Event Processing Order

The expanded schematic below shows how all events in the Cribl Stream ecosystem are processed linearly, from left to right.

Cribl Stream in great detail
Cribl Stream in great detail

Here are the stages of event processing:

  1. Sources: Data arrives from your choice of external providers. (Cribl Stream supports Splunk, HTTP/S, Elastic Beats, Amazon Kinesis/S3/SQS, Kafka, TCP raw or JSON, and many others.)

  2. Custom command: Optionally, you can pass this input’s data to an external command before the data continues downstream. This external command will consume the data via stdin, will process it and send its output via stdout.

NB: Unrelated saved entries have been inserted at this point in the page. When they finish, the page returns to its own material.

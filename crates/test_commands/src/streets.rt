//! Streets: how a serving over links in memory is treated.

use std::alloc::Global;
use std::test::Fail;
use web_outside::{ListDoor, ListPorch, TextLink, TextSink, TextSource};

/// How a serving is treated: what its links send to the first worker and to the second, if there is one, and which calls of the
/// first one for the next link fail.
#[derive(Clone, Copy)]
pub struct Street {
    pub links: &'static [&'static str],
    pub others: Option<&'static [&'static str]>,
    pub nexts: &'static [u64],
}

/// No link comes in, and nothing fails.
pub const QUIET: Street = Street {
    links: &[],
    others: None,
    nexts: &[],
};

/// A start of the script `all`.
pub const A_START: Street = Street {
    links: &["GET /servlets/all HTTP/1.0\r\n\r\n"],
    ..QUIET
};

/// An answer to the page that the first start of it shows.
pub const AN_ANSWER: Street = Street {
    links: &["GET /servlets/all;0*0*0*0000000000000000?n=1 HTTP/1.0\r\n\r\n"],
    ..QUIET
};

// A link that sends this.
fn link_of(alloc: Global, sends: &str) -> Result<TextLink, Fail> {
    let sends = sends.as_bytes().to_vec(alloc)?;
    Ok(TextLink {
        input: TextSource::new(sends, Vec::new(alloc), 4096),
        output: TextSink::new(alloc, 100_000, Vec::new(alloc))?,
    })
}

// A porch with these links, of which the calls for the next one with these numbers fail.
fn porch_of(alloc: Global, links: &[&str], nexts: &[u64]) -> Result<ListPorch, Fail> {
    let mut coming = Vec::new(alloc);
    for sends in links {
        coming.push(link_of(alloc, sends)?)?;
    }
    Ok(ListPorch::new(alloc, coming, nexts.to_vec(alloc)?)?)
}

/// The door at which the links of a street come in, at the port 0.
pub fn door_of(alloc: Global, street: &Street) -> Result<ListDoor, Fail> {
    let mut porches = Vec::new(alloc);
    porches.push(porch_of(alloc, street.links, street.nexts)?)?;
    if let Some(others) = street.others {
        porches.push(porch_of(alloc, others, &[])?)?;
    }
    Ok(ListDoor::new(alloc, 0, porches, Vec::new(alloc)))
}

  3. Event Breakers can, optionally, break up incoming bytestreams into discrete events. (Note that because Event Breakers precede tokens, Breakers cannot see or act on tokens.)

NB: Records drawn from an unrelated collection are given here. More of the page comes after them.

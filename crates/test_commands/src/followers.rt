//! A leader's journal in files, whose feed a follower takes, which is then promoted.

use crate::outside::{
    FAIR, FULL, Machine, Outside, STUCK, UNREAD, Written, comes_to, emptied, outcome_of, stands_in,
    status_over,
};
use crate::servings::{ALL, are_told, served};
use crate::streets::{A_START, AN_ANSWER, QUIET, Street};
use crate::transcripts::{SUM, play_first_sums, play_sums_of_two};
use std::fs;
use std::test::Fail;

// The feed of a shelf, for which no input is read.
fn feed_of<R: Machine>(rt: &R, folder: &str, shelf: &str) -> Result<Vec<u8>, Fail> {
    let words = &["hovgyelit", "export", "--journal", folder, "--shelf", shelf];
    let Written {
        status,
        bytes,
        handed,
    } = outcome_of(rt, words, b"", &UNREAD)?;
    if status == 0 && handed {
        return Ok(bytes);
    }
    Err(Fail::from("no feed"))
}

// Whether a shelf has this feed.
fn has_feed<R: Machine>(rt: &R, folder: &str, shelf: &str, feed: &[u8]) -> Result<bool, Fail> {
    let own = feed_of(rt, folder, shelf)?;
    Ok(own.as_slice() == feed)
}

// Whether the feed of the first shelf has so many bytes.
fn has_feed_of<R: Machine>(rt: &R, folder: &str, length: usize) -> Result<bool, Fail> {
    let feed = feed_of(rt, folder, "0")?;
    Ok(feed.len() == length)
}

// Whether following this feed comes to this.
fn is_followed<R: Machine>(
    rt: &R,
    folder: &str,
    shelf: &str,
    feed: &[u8],
    told: (u8, &str),
) -> Result<bool, Fail> {
    let words = &["hovgyelit", "follow", "--journal", folder, "--shelf", shelf];
    comes_to(rt, words, feed, &FAIR, told)
}

// Whether promoting so many shelves, for which no input is read, comes to this.
fn is_promoted<R: Machine>(
    rt: &R,
    folder: &str,
    shelves: &str,
    told: (u8, &str),
) -> Result<bool, Fail> {
    let words = &[
        "hovgyelit",
        "promote",
        "--journal",
        folder,
        "--shelves",
        shelves,
    ];
    comes_to(rt, words, b"", &UNREAD, told)
}

// Whether an audit of one shelf comes to this.
fn is_audited<R: Machine>(rt: &R, folder: &str, told: &str) -> Result<bool, Fail> {
    let words = &["hovgyelit", "audit", "--journal", folder];
    comes_to(rt, words, b"", &UNREAD, (0, told))
}

// The last answer of the first sums.
const LAST_VISIT: Street = Street {
    links: &["GET /servlets/sum;0*0*1*0000000000000001?n=4 HTTP/1.0\r\n\r\n"],
    ..QUIET
};

// Whether the first link is told this while a script is served over the journals of a folder: how the reply begins, and how it ends.
fn is_served<R: Machine>(
    rt: &R,
    folder: &str,
    script: (&str, &str),
    street: &Street,
    told: (&str, &str),
) -> Result<bool, Fail> {
    let words = &[
        "hovgyelit",
        "serve",
        "--port",
        "0",
        "--workers",
        "1",
        "--journal",
        folder,
    ];
    let ending = served(rt, words, script, street)?;
    Ok(are_told(&ending, &[told]))
}

// Whether that answer is told this over a folder.
fn is_answered<R: Machine>(rt: &R, folder: &str, told: (&str, &str)) -> Result<bool, Fail> {
    is_served(rt, folder, ("sum", SUM), &LAST_VISIT, told)
}

const FOLLOWING: (&str, &str) = ("HTTP/1.1 503 ", "\r\n\r\nfollowing\n");

const SEVEN: (&str, &str) = ("HTTP/1.1 200 ", "\r\n\r\n<p>7</p>");

const FOUR: &str = "ack 1\nack 2\nack 3\nack 4\n";

// How each feed begins.
const HEAD: &[u8] = b"KSFEED\0\x06";

// What is done with the journals of a folder, and what comes of it.
enum Step {
    // The feed has so many bytes, and begins as each does.
    Has(usize),
    // A shelf follows the feed.
    Follow(&'static str, (u8, &'static str)),
    // The first shelf follows the first so many bytes of the feed.
    FollowFront(usize, (u8, &'static str)),
    // The first shelf follows the feed over such an outside.
    FollowOver(Outside<'static>, (u8, &'static str)),
    // The first shelf is exported, and has the same feed.
    IsFed,
    // The first shelf is exported, and its feed has so many bytes.
    IsFedBytes(usize),
    // The first shelf is audited.
    Audit(&'static str),
    // So many shelves are promoted.
    Promote(&'static str, &'static str),
    // The last answer of the first sums is served.
    Answer((&'static str, &'static str)),
}

// Whether that comes of a step over this folder and this feed.
fn comes_of<R: Machine>(rt: &R, folder: &str, feed: &[u8], step: &Step) -> Result<bool, Fail> {
    match step {
        Step::Has(length) => Ok(feed.len() == *length && feed.starts_with(HEAD)),
        Step::Follow(shelf, told) => is_followed(rt, folder, shelf, feed, *told),
        Step::FollowFront(length, told) => {
            let front = &feed[..(*length).min(feed.len())];
            is_followed(rt, folder, "0", front, *told)
        }
        Step::FollowOver(outside, told) => {
            let words = &["hovgyelit", "follow", "--journal", folder];
            comes_to(rt, words, feed, outside, *told)
        }
        Step::IsFed => has_feed(rt, folder, "0", feed),
        Step::IsFedBytes(length) => has_feed_of(rt, folder, *length),
        Step::Audit(told) => is_audited(rt, folder, told),
        Step::Promote(shelves, told) => is_promoted(rt, folder, shelves, (0, *told)),
        Step::Answer(told) => is_answered(rt, folder, *told),
    }
}

// How many of these steps, which begin with an empty folder, come to what they say before one does not.
fn count_done<R: Machine>(
    rt: &R,
    folder: &str,
    feed: &[u8],
    steps: &[Step],
) -> Result<usize, Fail> {
    emptied(rt, folder)?;
    for (count, step) in steps.iter().enumerate() {
        if !comes_of(rt, folder, feed, step)? {
            return Ok(count);
        }
    }
    Ok(steps.len())
}

// How many of them come to that over the feed of a leader's shelf.
fn count_fed<R: Machine>(
    rt: &R,
    leader: &str,
    shelf: &str,
    follower: &str,
    steps: &[Step],
) -> Result<usize, Fail> {
    let feed = feed_of(rt, leader, shelf)?;
    count_done(rt, follower, &feed, steps)
}

const A_PROMOTION: &[Step] = &[
    Step::Has(614),
    Step::Follow("0", (0, FOUR)),
    Step::Follow("0", (0, FOUR)),
    Step::IsFed,
    Step::Answer(FOLLOWING),
    Step::Audit("shelf 0 ok 5\n"),
    Step::Promote("1", "shelf 0 promoted\n"),
    Step::Promote("1", "shelf 0 leader\n"),
    Step::Audit("shelf 0 ok 6\n"),
    Step::Answer(SEVEN),
    Step::Follow("0", (13, "error 13 0 promoted\n")),
];

#[test]
fn a_follower_is_promoted_and_goes_on(rt: HostRuntime) -> Result<(), Fail> {
    let leader = "leader-of-sums";
    let follower = "follower-of-sums";
    play_first_sums(&rt, leader, "2")?;
    let done = count_fed(&rt, leader, "0", follower, A_PROMOTION)?;
    assert_eq!(rt; done, A_PROMOTION.len());
    emptied(&rt, leader)?;
    emptied(&rt, follower)
}

// A byte of a feed, the other one that stands in its place, and what following comes to on disks that hold so many of the feed's first bytes.
struct Change {
    byte: usize,
    other: u8,
    held: usize,
    told: (u8, &'static str),
}

const CHANGES: &[Change] = &[
    Change {
        byte: 7,
        other: 5,
        held: 8,
        told: (13, "error 13 0 head\n"),
    },
    // The number of the shelf.
    Change {
        byte: 13,
        other: 1,
        held: 8,
        told: (13, "error 13 8 record\n"),
    },
    // The kind of the third record.
    Change {
        byte: 407,
        other: 9,
        held: 300,
        told: (13, "ack 1\nack 2\nerror 13 403 record\n"),
    },
    Change {
        byte: 407,
        other: 9,
        held: 614,
        told: (13, "ack 1\nack 2\nerror 13 403 other\n"),
    },
];

// Whether following such a feed comes to this.
fn is_refused<R: Machine>(
    rt: &R,
    folder: &str,
    feed: &[u8],
    change: &Change,
) -> Result<bool, Fail> {
    let mut other = feed.to_vec(rt.alloc())?;
    if let Some(byte) = other.get_mut(change.byte) {
        *byte = change.other;
    }
    is_followed(rt, folder, "0", &other, change.told)
}

// Whether following such a feed comes to this on disks that hold a front of the feed, and nothing else.
fn is_refused_behind<R: Machine>(rt: &R, feed: &[u8], change: &Change) -> Result<bool, Fail> {
    let folder = "refused-feeds";
    if change.held > feed.len() {
        return Err(Fail::from("another feed"));
    }
    emptied(rt, folder)?;
    let words = &["hovgyelit", "follow", "--journal", folder];
    let status = status_over(rt, words, &feed[..change.held], &FAIR)?;
    let is_told = is_refused(rt, folder, feed, change)?;
    emptied(rt, folder)?;
    Ok(status == 0 && is_told)
}

// Refuses a feed of which a change is told otherwise.
fn expect_changes<R: Machine>(rt: &R, feed: &[u8]) -> Result<(), Fail> {
    for change in CHANGES {
        if !is_refused_behind(rt, feed, change)? {
            return Err(Fail::from(change.told.1));
        }
    }
    Ok(())
}

// Whether a leader does not follow its own feed, of which each change is told so.
fn is_no_follower<R: Machine>(rt: &R, leader: &str) -> Result<bool, Fail> {
    let feed = feed_of(rt, leader, "0")?;
    expect_changes(rt, &feed)?;
    is_followed(rt, leader, "0", &feed, (13, "error 13 0 promoted\n"))
}

#[test]
fn another_feed_is_told_at_its_place(rt: HostRuntime) -> Result<(), Fail> {
    let leader = "leader-of-others";
    play_first_sums(&rt, leader, "2")?;
    assert!(rt; is_no_follower(&rt, leader)?);
    emptied(&rt, leader)
}

const CUTS: &[Step] = &[
    Step::FollowFront(0, (13, "error 13 0 cut\n")),
    Step::FollowFront(354, (13, "ack 1\nerror 13 300 cut\n")),
    Step::IsFedBytes(300),
    Step::Follow("0", (0, FOUR)),
];

#[test]
fn a_feed_that_is_cut_is_told_at_its_place(rt: HostRuntime) -> Result<(), Fail> {
    let leader = "leader-of-cuts";
    let follower = "follower-of-cuts";
    play_first_sums(&rt, leader, "2")?;
    let done = count_fed(&rt, leader, "0", follower, CUTS)?;
    assert_eq!(rt; done, CUTS.len());
    emptied(&rt, leader)?;
    emptied(&rt, follower)
}

const A_SECOND_SHELF: &[Step] = &[
    Step::Follow("0", (13, "error 13 8 record\n")),
    Step::Follow("1", (0, FOUR)),
    Step::Promote("3", "shelf 0 promoted\nshelf 1 promoted\nshelf 2 leader\n"),
];

// Each shelf has a feed and a follower of its own; those of two are promoted in order.
#[test]
fn each_shelf_has_its_follower(rt: HostRuntime) -> Result<(), Fail> {
    let leader = "leader-of-two";
    let follower = "follower-of-two";
    play_sums_of_two(&rt, leader)?;
    let done = count_fed(&rt, leader, "1", follower, A_SECOND_SHELF)?;
    assert_eq!(rt; done, A_SECOND_SHELF.len());
    emptied(&rt, leader)?;
    emptied(&rt, follower)
}

// An empty folder has shelves without records: each is left a leader.
#[test]
fn nothing_has_an_empty_feed(rt: HostRuntime) -> Result<(), Fail> {
    let folder = "leader-of-nothing";
    emptied(&rt, folder)?;
    assert!(rt; has_feed(&rt, folder, "15", HEAD)?);
    assert!(rt; is_promoted(&rt, folder, "2", (0, "shelf 0 leader\nshelf 1 leader\n"))?);
    emptied(&rt, folder)
}

// Words of no command.
const NO_COMMANDS: &[&[&str]] = &[
    &["hovgyelit", "export", "--shelf", "16"],
    &["hovgyelit", "export", "--shelves", "1"],
    &["hovgyelit", "follow", "--shelf", "-1"],
    &["hovgyelit", "follow", "0"],
    &["hovgyelit", "promote", "--shelf", "0"],
    &["hovgyelit", "promote", "--shelves", "17"],
];

#[test]
fn other_words_are_refused(rt: HostRuntime) -> Result<(), Fail> {
    for words in NO_COMMANDS {
        assert!(rt;
            comes_to(&rt, words, b"", &FAIR, (2, "error 2 usage\n"))?,
            "{words:?}"
        );
    }
    Ok(())
}

// An input that is read piece by piece, and fails at the third.
const CUT_OFF: Outside<'static> = Outside {
    reads: &[2],
    greatest: 310,
    ..FAIR
};

// An output with room for one acknowledgment.
const SHORT: Outside<'static> = Outside { room: 6, ..FAIR };

const FAILURES: &[Step] = &[
    Step::FollowOver(UNREAD, (5, "error 5 read\n")),
    Step::FollowOver(CUT_OFF, (5, "error 5 read\n")),
    Step::FollowOver(STUCK, (6, "ack 1\n")),
    Step::FollowOver(SHORT, (6, "ack 1\n")),
    Step::IsFedBytes(403),
];

// The status of a command that reads nothing, and whose output, which may be no text, hands nothing on.
fn stuck_at<R: Machine>(rt: &R, words: &[&str]) -> Result<u8, Fail> {
    let outcome = outcome_of(rt, words, b"", &STUCK)?;
    Ok(outcome.status)
}

// Whether such a command ends with 6 where its output takes no byte, and where it hands nothing on.
fn ends_unwritten<R: Machine>(rt: &R, words: &[&str]) -> Result<bool, Fail> {
    Ok(comes_to(rt, words, b"", &FULL, (6, ""))? && stuck_at(rt, words)? == 6)
}

#[test]
fn an_outside_that_fails_is_told(rt: HostRuntime) -> Result<(), Fail> {
    let leader = "leader-of-failures";
    let follower = "follower-of-failures";
    play_first_sums(&rt, leader, "2")?;
    let done = count_fed(&rt, leader, "0", follower, FAILURES)?;
    assert_eq!(rt; done, FAILURES.len());
    let export = &["hovgyelit", "export", "--journal", leader];
    let promote = &["hovgyelit", "promote", "--journal", follower];
    assert!(rt; ends_unwritten(&rt, export)?);
    assert!(rt; ends_unwritten(&rt, promote)?);
    emptied(&rt, leader)?;
    emptied(&rt, follower)
}

// A page with a link, and the page that shows the answer to it.
const ONE: (&str, &str) = ("HTTP/1.1 200 ", "\">1</a>");

const SHOWN: (&str, &str) = ("HTTP/1.1 200 ", "\r\n\r\n<p>1</p>");

// Whether a follower takes the feed of a leader's one page.
fn takes_page<R: Machine>(rt: &R, leader: &str, follower: &str) -> Result<bool, Fail> {
    let feed = feed_of(rt, leader, "0")?;
    is_followed(rt, follower, "0", &feed, (0, "ack 1\nack 2\n"))
}

// Whether a server over an empty folder shows a page, and a follower in another one takes its feed.
fn takes_first_page<R: Machine>(rt: &R, leader: &str, follower: &str) -> Result<bool, Fail> {
    emptied(rt, leader)?;
    emptied(rt, follower)?;
    Ok(is_served(rt, leader, ALL, &A_START, ONE)? && takes_page(rt, leader, follower)?)
}

// Whether a server over a follower tells that it follows, and leaves this file as it is.
fn is_left_following<R: Machine>(rt: &R, folder: &str, path: &str) -> Result<bool, Fail> {
    let before = fs::read(rt, path)?;
    let is_told = is_served(rt, folder, ALL, &AN_ANSWER, FOLLOWING)?;
    Ok(stands_in(rt, path, before.as_slice())? && is_told)
}

#[test]
fn a_server_takes_over(rt: HostRuntime) -> Result<(), Fail> {
    let leader = "served-leader";
    let follower = "served-follower";
    assert!(rt; takes_first_page(&rt, leader, follower)?);
    assert!(rt; is_left_following(&rt, follower, "served-follower/shelf-0")?);
    assert!(rt; is_promoted(&rt, follower, "1", (0, "shelf 0 promoted\n"))?);
    assert!(rt; is_served(&rt, follower, ALL, &AN_ANSWER, SHOWN)?);
    emptied(&rt, leader)?;
    emptied(&rt, follower)
}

  4. Auth tokens are applied at this point on Splunk HEC Sources. (Details here.)

  5. Fields/Metadata: Optionally, you can add these enrichments to each incoming event. You add fields by specifying key-value pairs, per Source, in a format similar to Cribl Stream’s Eval Function. Each key defines a field name, and each value is a JavaScript expression (or constant) used to compute the field’s value.

  6. Auth tokens are applied at this point on HTTP-based Sources other than Splunk HEC (e.g., Elasticsearch API Sources).

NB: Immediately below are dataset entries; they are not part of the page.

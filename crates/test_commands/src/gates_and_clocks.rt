//! The gate and the clock of one worker.

use crate::outside::Machine;
use crate::servings::{ALL, SERVE, TEN, has_ends, served_at, told_on};
use crate::streets::{QUIET, Street};
use std::test::Fail;
use web_outside::{Clock, NotingGate, OpenGate, SetClock, TickingClock};

const TWO_STARTS_AND_A_STRANGER: Street = Street {
    links: &[
        "GET /servlets/ten HTTP/1.0\r\n\r\n",
        "GET /servlets/none HTTP/1.0\r\n\r\n",
        "GET /servlets/ten HTTP/1.0\r\n\r\n",
    ],
    ..QUIET
};

// The numbers with which the gate was passed while these links were served.
fn numbers_noted<R: Machine>(rt: &R, street: &Street) -> Result<Vec<u64>, Fail> {
    let gate = NotingGate::new(rt.alloc(), 8)?;
    served_at(rt, SERVE, TEN, street, &SetClock::new(0), &gate)?;
    Ok(gate.noted(rt.alloc())?)
}

#[test]
fn each_visit_passes_the_gate_once_with_its_number(rt: HostRuntime) -> Result<(), Fail> {
    let noted = numbers_noted(&rt, &TWO_STARTS_AND_A_STRANGER)?;
    assert_eq!(rt; noted.as_slice(), [0, 1].as_slice());
    Ok(())
}

const A_START_AND_ITS_ANSWER: Street = Street {
    links: &[
        "GET /servlets/all HTTP/1.0\r\n\r\n",
        "GET /servlets/all;0*0*0*0000000000000000?n=1 HTTP/1.0\r\n\r\n",
    ],
    ..QUIET
};

const TEN_SECONDS: &[&str] = &[
    "hovgyelit",
    "serve",
    "--port",
    "0",
    "--workers",
    "1",
    "--life",
    "10",
];

// Whether what stands on the second link begins and ends so, where a page lives ten seconds of this clock.
fn second_is_told<R: Machine, C: Clock + Sync>(
    rt: &R,
    clock: &C,
    ends: (&str, &str),
) -> Result<bool, Fail> {
    let street = &A_START_AND_ITS_ANSWER;
    let ending = served_at(rt, TEN_SECONDS, ALL, street, clock, &OpenGate)?;
    Ok(has_ends(told_on(&ending, 1), ends))
}

#[test]
fn the_clock_is_read_before_each_link(rt: HostRuntime) -> Result<(), Fail> {
    assert!(rt; second_is_told(&rt, &SetClock::new(0), ("", "\r\n\r\n<p>1</p>"))?);
    assert!(rt; second_is_told(&rt, &TickingClock::new(0, 20), ("HTTP/1.1 404 ", ""))?);
    Ok(())
}

const A_PAGE_AND_ITS_ANSWER: Street = Street {
    links: &[
        "GET /servlets/all HTTP/1.1\r\nHost: h\r\n\r\nGET /servlets/all;0*0*0*0000000000000000?n=1 HTTP/1.0\r\n\r\n",
    ],
    ..QUIET
};

// Whether serving a page and its answer on one link tells this, where each reading of the clock is so many seconds after the
// one before.
fn tells_at<R: Machine>(rt: &R, step: u64, text: &str) -> Result<bool, Fail> {
    let clock = TickingClock::new(0, step);
    let street = &A_PAGE_AND_ITS_ANSWER;
    let ending = served_at(rt, TEN_SECONDS, ALL, street, &clock, &OpenGate)?;
    Ok(ending.text.as_str() == text)
}

#[test]
fn a_page_expires_between_two_requests_of_one_link(rt: HostRuntime) -> Result<(), Fail> {
    assert!(rt; tells_at(&rt, 0, "pages 2 refused 0\n")?);
    assert!(rt; tells_at(&rt, 20, "pages 1 refused 1\n")?);
    Ok(())
}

  7. Persistent queue (Source-side): Optionally, you can enable PQ per Source instance, to disk-buffer and maximize data delivery despite downstream backpressure. Events will be written to a disk queue at this point.

  8. Pre-processing Pipeline: Optionally, you can use a single Pipeline to condition (normalize) data from this input before the data proceeds further.

  9. Routes map incoming events to Processing Pipelines and Destinations. A Route can accept data from multiple Sources, but each Route can be associated with only one Pipeline and one Destination. (QuickConnect bypasses Routes.)

  10. Processing Pipelines perform most event transformations. Within a Pipeline, you define these transformations as a linear series of Functions. A Function is an atomic piece of JavaScript code invoked on each event. (QuickConnect optionally bypasses processing Pipelines.)

  11. Post-processing Pipeline: Optionally, you can append a Pipeline to condition (normalize) data on its way into its Destination.

  12. Persistent queue (Destination-side): Optionally, you can enable PQ per Destination instance, to disk-buffer and maximize data delivery during imbalances between inbound and outbound data rates. Events will be written to a disk queue at this point.

  13. Destinations: Each Route/Pipeline combination forwards processed data to your choice of streaming or storage Destination. (Cribl Stream supports Splunk, Syslog, Elastic, Kafka/Confluent, Amazon S3, Filesystem/NFS, and many other options.)

Pipelines Everywhere

All Pipelines have the same basic internal structure – they’re a series of Functions. The three Pipeline types identified above differ only in their position in the system.